I've ready this with interest as one side of the family is very WC and the other very MC but over time the incomes/money have evened out, even to the point where many of the WC side have far more money, and yet the WC families still have far less opportunity.
My honest opinion is it starts being money and that creates an outlook/culture/thoughts towards opportunity that means WC people on the whole, even when money isn't as big a factor as it used to be, don't have the time or mental reserves in the same way to do new things, nor do they have the confidence as it is more likely to be out of their comfort zone. If you consistently don't do new things and don't go out a lot to new places, it can seem bigger/more anxiety provoking. This takes place in many forms - bright children going to local comp despite teachers making it clear they could get into the top selective schools, enough money for new holidays and far flung places yet going to the same type, or even place, each year. And then smaller things like weekends being for cleaning, food shop and watching programmes, despite there being the time or funds to do more.

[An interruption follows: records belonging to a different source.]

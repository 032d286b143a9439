// The constellation view: the last 1,024 differential points, for display alone; nothing of it goes
// back into the receiver. Its ring is two planes that the caller lends, real and imaginary parts.
#![tactic(auto)]

ghost use Rattle.std.specs.Prelude.{◌≡◌, ◌+◌, ◌*◌, ◌<◌, ◌≤◌, min, true, length};
ghost use Rattle.signal.specs.Signal.{WrittenPoints, Read, fresh_place, admitted_of, rotated_of, paired_of, pushed_of, mean_of, missed_of, written_of, usable_of, read_of};
ghost use Rattle.signal.specs.Lends.{Reads, Leaves, ReadsPoints, LeavesFloats};
ghost use Rattle.signal.specs.Plain.{PlainRound, PlainAmplitude};
ghost use Rattle.signal.specs.Powers.{PowerOf};

mod plain;
mod rows;

use complex::Complex32;
use numbers::compare::{abs, is_finite};
use numbers::narrow::{narrow, widen};
use plain::{Power, are_plain, is_common, power_run};
use roots::sqrt;
use rows::write_run;

// The points that the view holds.
pub const POINTS: usize = 1024;

// 1 / sqrt(2) in f32, by which the sum and the difference of two parts are a turn by pi / 4.
const ROOT_HALF: f32 = 0.70710677;

// 1 / sqrt(2) in f64, the size of either part of a point of amplitude 1 on a diagonal.
const IDEAL: f64 = 0.7071067811865476;

// What the view keeps beside its ring: the last observation, where the next point goes, and how
// many points are held, at most 1,024.
#[derive(Clone, Copy)]
pub struct ViewPlace {
    pub previous: Option<Complex32>,
    pub head: usize,
    pub count: usize,
}

// How many points were written, and their error in percent of the ideal amplitude.
#[derive(Clone, Copy)]
pub struct Reading {
    pub count: usize,
    pub error: f64,
}

// A view that holds nothing.
pub fn fresh() -> ViewPlace
    ensures { result ≡ fresh_place }
{
    ViewPlace {
        previous: None,
        head: 0,
        count: 0,
    }
}

// Whether a place may be run, be it fresh or handed in: its head is below 1,024, its count at most
// 1,024.
pub fn is_admitted(p: ViewPlace) -> bool
    ensures { result ≡ admitted_of p }
{
    (p.head < POINTS) & (p.count <= POINTS)
}

// The symbol times the conjugate of the one before, turned by pi / 4: the turn that the receiver
// took out is put back, so that the four points stand where the modulation has them.
fn rotated(previous: Complex32, symbol: Complex32) -> Complex32
    ensures { result ≡ rotated_of previous symbol }
{
    let product = complex::multiplied_conjugate(symbol, previous);
    Complex32 {
        real: (product.real - product.imaginary) * ROOT_HALF,
        imaginary: (product.real + product.imaginary) * ROOT_HALF,
    }
}

// The point of two observations: zero where one is absent.
fn paired(previous: Option<Complex32>, symbol: Option<Complex32>) -> Complex32
    ensures { result ≡ paired_of previous symbol }
{
    let Some(before) = previous else {
        return complex::zero();
    };
    let Some(now) = symbol else {
        return complex::zero();
    };
    rotated(before, now)
}

// One point more, at most 1,024.
fn counted(count: usize) -> usize
    ensures { result ≡ min (count + 1) 1024 }
{
    if count < POINTS { count + 1 } else { POINTS }
}

// Puts the point of `symbol` and the observation before it in the place of the oldest.
pub fn push(
    place: ViewPlace,
    symbol: Option<Complex32>,
    real: &mut [f32; POINTS],
    imaginary: &mut [f32; POINTS],
) -> ViewPlace
    requires { place.head < 1024 }
    ensures { Leaves place result real imaginary (λ view after. after ≡ pushed_of view symbol) }
{
    let head = place.head;
    let point = paired(place.previous, symbol);
    real[head] = point.real;
    imaginary[head] = point.imaginary;
    ViewPlace {
        previous: symbol,
        head: (head + 1) % POINTS,
        count: counted(place.count),
    }
}

// The powers of `count` points from `start` on, added up in that order: up to the ring's end, and then
// from its beginning.
fn power_sum(real: &[f32; POINTS], imaginary: &[f32; POINTS], start: usize, count: usize) -> Power
    requires start_bound { start < 1024 }
    requires count_bound { count ≤ 1024 }
    ensures { PowerOf real.now imaginary.now start count result }
{
    let first = count.min(POINTS - start);
    let none = Power {
        sum: 0.0,
        across: 0xffff_ffff,
        up: 0xffff_ffff,
    };
    let early = power_run(real, imaginary, start, first, none);
    power_run(real, imaginary, 0, count - first, early)
}

// A sum over its count.
fn mean(sum: f64, count: usize) -> f64
    requires { count ≤ 1024 }
    ensures { result ≡ mean_of sum count }
{
    sum / (count as f64)
}

// The square of how far a part, whatever its sign, lies from the ideal.
fn missed(part: f64) -> f64
    ensures { result ≡ missed_of part }
{
    let distance = abs(part) - IDEAL;
    distance * distance
}

// Writes `count` points from `start` on over their amplitude, each part rounded once, and adds up
// their squared errors.
fn write_points(
    real: &[f32; POINTS],
    imaginary: &[f32; POINTS],
    start: usize,
    count: usize,
    amplitude: f64,
    output: &mut [f32],
) -> f64
    requires start_bound { start < 1024 }
    requires count_bound { count ≤ 1024 }
    requires count_in_bounds { count * 2 ≤ length output.old }
    ensures { ReadsPoints real imaginary start count (λ points. LeavesFloats output (λ before after.
        ◌≡◌ {A = WrittenPoints} (record { errors = result; output = after }) (written_of amplitude points before))) }
{
    let mut sum = 0.0f64;
    for i in 0..count {
        let at = (start + i) % POINTS;
        let x = widen(real[at]) / amplitude;
        let y = widen(imaginary[at]) / amplitude;
        sum = sum + (missed(x) + missed(y));
        output[i * 2] = narrow(x);
        output[i * 2 + 1] = narrow(y);
    }
    sum
}

// Writes the same where parts and amplitude are plain: up to the ring's end, and then from its
// beginning.
fn write_plain(
    real: &[f32; POINTS],
    imaginary: &[f32; POINTS],
    start: usize,
    count: usize,
    amplitude: f64,
    output: &mut [f32],
) -> f64
    requires start_bound { start < 1024 }
    requires count_bound { count ≤ 1024 }
    requires count_in_bounds { count * 2 ≤ length output.old }
    requires plain_round { PlainRound real.now imaginary.now start count }
    requires plain_amplitude { PlainAmplitude amplitude }
    ensures { ReadsPoints real imaginary start count (λ points. LeavesFloats output (λ before after.
        ◌≡◌ {A = WrittenPoints} (record { errors = result; output = after }) (written_of amplitude points before))) }
{
    let first = count.min(POINTS - start);
    let early = write_run(
        real,
        imaginary,
        start,
        0,
        first,
        amplitude,
        &mut *output,
        0.0,
    );
    write_run(
        real,
        imaginary,
        0,
        first,
        count - first,
        amplitude,
        &mut *output,
        early,
    )
}

// Writes the points by rows where parts and amplitude are plain, and else one by one.
fn write(
    real: &[f32; POINTS],
    imaginary: &[f32; POINTS],
    start: usize,
    count: usize,
    amplitude: f64,
    plain: bool,
    output: &mut [f32],
) -> f64
    requires start_bound { start < 1024 }
    requires count_bound { count ≤ 1024 }
    requires count_in_bounds { count * 2 ≤ length output.old }
    requires plain_round { plain ≡ true → PlainRound real.now imaginary.now start count }
    ensures { ReadsPoints real imaginary start count (λ points. LeavesFloats output (λ before after.
        ◌≡◌ {A = WrittenPoints} (record { errors = result; output = after }) (written_of amplitude points before))) }
{
    if is_common(plain, amplitude) {
        write_plain(real, imaginary, start, count, amplitude, output)
    } else {
        write_points(real, imaginary, start, count, amplitude, output)
    }
}

// Whether there are points, and their mean power is finite and not under 1e-12.
fn is_usable(count: usize, power: f64) -> bool
    ensures { result ≡ usable_of count power }
{
    (count != 0) & is_finite(power) & !(power < 1e-12)
}

// The last min(held, room) points, oldest first, over the root of their mean power, into the floats
// lent: two to a point, so the room is their number halved.
pub fn read(
    place: ViewPlace,
    real: &[f32; POINTS],
    imaginary: &[f32; POINTS],
    output: &mut [f32],
) -> Reading
    requires head_bound { place.head < 1024 }
    requires count_bound { place.count ≤ 1024 }
    ensures { Reads place real imaginary (λ view. LeavesFloats output (λ before after.
        ◌≡◌ {A = Read} (record { reading = result; output = after }) (read_of view before))) }
{
    let count = place.count.min(output.len() / 2);
    let start = (place.head + POINTS - count) % POINTS;
    let powers = power_sum(real, imaginary, start, count);
    let plain = are_plain(powers);
    let power = mean(powers.sum, count);
    if is_usable(count, power) {
        let sum = write(real, imaginary, start, count, sqrt(power), plain, output);
        Reading {
            count,
            error: 100.0 * sqrt(mean(sum, count)),
        }
    } else {
        Reading {
            count: 0,
            error: 0.0,
        }
    }
}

I do think initially it comes down to money (lack of) but that creates norms and a culture that remain for many even when money situations change. I see this so much in my job, within my friends and family and even to myself to some extent. I grew up MC and have a MC education, but due to life circumstances am much more WC in terms of income and options for a variety of personal reasons and as a result I can see even with just one decade of identifying more with WC friends, that I've changed. An afternoon out now feels huge, I'm more likely to want to cancel it, I am very task and home oriented now, I think differently to how I did a decade ago. It's hard to explain but the only friends whose weekends I identify with now are my WC friends. My MC friends who are out doing lovely things, often even free things, I can't relate to at all. I no longer have the confidence or time resources - there is no option of any paid help. And it just feels huge to give up a day when I could get tasks done, for leisure. Remember years ago (for centuries) leisure was only for MC and UC. It was not an option for those in the working class culture.
Take older relatives, the ones on WC side will tell me this week they've done the food shop, gone to Dr's, and what they've cleaned, and what family they've seen. A rare week there will be a treat, usually something someone else arranged. MC older relatives who have no more money will talk about which NT property they visited, lovely walks they've taken, coffee shops they've been to with friends, new cities they went to or re-visited on a day out. Why? They are culturally brought up to have leisure and have the confidence to do different things without the anxiety of feeling they need to focus on tasks.
Interestingly my line manager and I were speaking about this yesterday. Her weekends are full of fun and they do things I can't imagine having time for. This past week they made something like 50 cakes for a charity event, all went trampolining, went to a gorgeous stately home for lunch etc. We have the same number of dc (3), hers are involved in very serious sport (national teams, could be headed to Olympics down the road) and I asked how on earth they manage it all, that my weekends involve each of the 3 dc doing one activity (and even that is super stressful for me and takes me away from tasks), food shop and cleaning. She is one of those people who checks her privilege and admits it (rare imho) and she said "Ruby, you have to understand how different our lives are because I have money. I have a cleaner every M/W/F who does everything - laundry, changing bedding, vacuuming, sweeping, ironing, washing floors, even picking up the dog poo in the back yard and running errands. Some weeks she even does the shop. I don't have to think of anything to do with the house it's all done. Monday she would even wash all the cake pans if I couldn't bare it, but I made myself and dh do it as it didn't feel right. If something goes wrong we bring in help immediately or just replace it, we have two tumble dryers and if one is slow or not working properly out it goes. We have so much more free time because we can pay. And when kids were little we always had an au pair, it's why I was able to get to the gym within weeks of giving birth. When people would comment on how good I looked, it really was a reflection on the money we had to make me look good".
The other area you really see this (and I was a lecturer for many years prior to this past decade of things being harder) is University choices. On the whole and there are many exceptions, when WC kids get to Uni they stay close to home, even if there are the funds, it is their parents who are more often dubious about the whole thing. The middle class and upper class kids are far more likely to go far from home. I lectured at a good Uni and some of our brightest students were from working class backgrounds, by far. They never thought to apply to top Uni's, were never encouraged to, and when we discuss where they could go for masters they were adamant they couldn't go to the top 10 and were perfectly fine at the local one. Many of my MC kids didn't have the grades to get into top Uni's but felt they would. It always was a point of interest for us as lecturers and registrars.